Wohnungen ganz ohne Stromvertrag oder die erkennbar keinen Stromverbrauch haben, können so einfach als leerstehend identifiziert werden. Eine Karte soll dann jährlich "blockscharf" veröffentlichen, in welchen Straßen Wohnungen über drei Monate oder über 24 Monate leer stehen.
Stadt solle eine "Taskforce Leerstand" einsetzen, so die Linke
Fälle wie beim sogenannten Dönerhaus im Westend, das nach 15 Jahren Leerstand völlig marode abgerissen wurde, soll es in München nicht mehr geben dürfen, findet die Linke.

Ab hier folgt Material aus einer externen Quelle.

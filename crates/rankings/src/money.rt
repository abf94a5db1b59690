// Money only.
ghost use Rattle.rankings.specs.Models.{by_money};
ghost use Rattle.rankings.specs.Kept.{money_ordered, money_linear, money_some, money_mono};

use crate::ranking::Ranking;
use crate::rounding::PartByPart;

// Ranks by the first part alone.
#[derive(Clone, Copy, Debug, PartialEq, Eq)]
pub struct Money;

impl Ranking for Money {
    ghost ranks = { λ _. by_money };

    ghost ordered = { λ _. money_ordered };

    ghost linear = { λ _. money_linear };

    ghost some = { λ _. money_some };

    fn no_dearer(&self, a: (i64, i64), b: (i64, i64)) -> bool {
        a.0 <= b.0
    }
}

impl PartByPart for Money {
    ghost mono = { λ _. money_mono };
}
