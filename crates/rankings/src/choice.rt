// The first cheapest of several costs, by any ranking.
ghost use Rattle.rankings.specs.Choice.{AllModest, Chosen};

use crate::ranking::Ranking;

// The place of the first cheapest of the costs, if there are any. A later one takes the place of an earlier only if it
// is cheaper, so that the first of equals stays.
pub fn first_cheapest<R: Ranking>(ranking: &R, costs: &[(i64, i64)]) -> Option<usize>
    requires { AllModest costs.now }
    ensures { Chosen (R.ranks ranking.now) costs.now result }
{
    if costs.is_empty() {
        return None;
    }
    let mut best = 0;
    for (i, cost) in costs.iter().enumerate() {
        if ranking.cheaper(*cost, costs[best]) {
            best = i;
        }
    }
    Some(best)
}
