// The limits of costs, divisors and rates.

// The largest magnitude of a part of a cost that a ranking is asked about.
pub const RANKED_PART: i64 = 10_000_000_000_000_000;

// The largest number that a rounding divides by.
pub const LARGEST_DIVISOR: u32 = 1_000_000;

// What a minute weighs, in cents: a rate outside these counts as the nearer of them.
pub const SMALLEST_RATE: i64 = 1;

pub const LARGEST_RATE: i64 = 200;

Eine Bürgerversammlung hatte damals mehrheitlich eine Enteignung gefordert, die Stadtverwaltung aber sah ihre Hände gebunden. SPD-OB Dieter Reiter solle sich deshalb beim Städtetag und Freistaat dafür stark machen, dass das bayerische Zweckentfremdungsgesetz massiv verschärft wird. Dann soll, wer billige Mietwohnungen abreißt, automatisch auch wieder neue in örtlicher Nähe schaffen müssen - mit einer Eingangsmiete nicht über 11,50 Euro pro Quadratmeter.
Beispiel in München: Agnesstraße 48 mit 15 leeren Wohnungen
Und auch eine Beschlagnahmung solle möglich werden. Hamburg und Berlin etwa hätten in ähnlichen Fällen leerstehenden Wohnraum vorübergehend beschlagnahmt, auf Kosten des Eigentümers instandgesetzt und wieder vermietet - durch ein Treuhandmodell.
Im Kampf gegen den Leerstand gehe auch viel Schlagkraft verloren, weil bei der Stadt unterschiedliche Referate beteiligt sind, die sich abstimmen müssen. Die Verwaltung solle deshalb einen eigenen Stab als "Taskforce Leerstand" einsetzen, in dem Mitarbeiter aus dem Sozial-, Planungs- und Kommunalreferat sitzen.

Im Fall des "Literatenhauses" in der Agnesstraße 48, wo seit eineinhalb Jahren 15 Wohnungen komplett leer stehen, soll Stadtbaurätin Elisabeth Merk (parteilos) eine Instandsetzung nach den Paragrafen 177 und 175 im Baugesetzbuch anordnen, fordert Stefan Jagel - damit die Bausubstanz nicht noch schlechter wird.
"Die Verwaltung hat dieses Instrument in den letzten zehn Jahren nie angewendet", sagt Jagel, "weil sie nach eigenen Angaben lieber auf 'konsensuale Lösungen' setzt. Das hat aber hier zu keinem Erfolg geführt."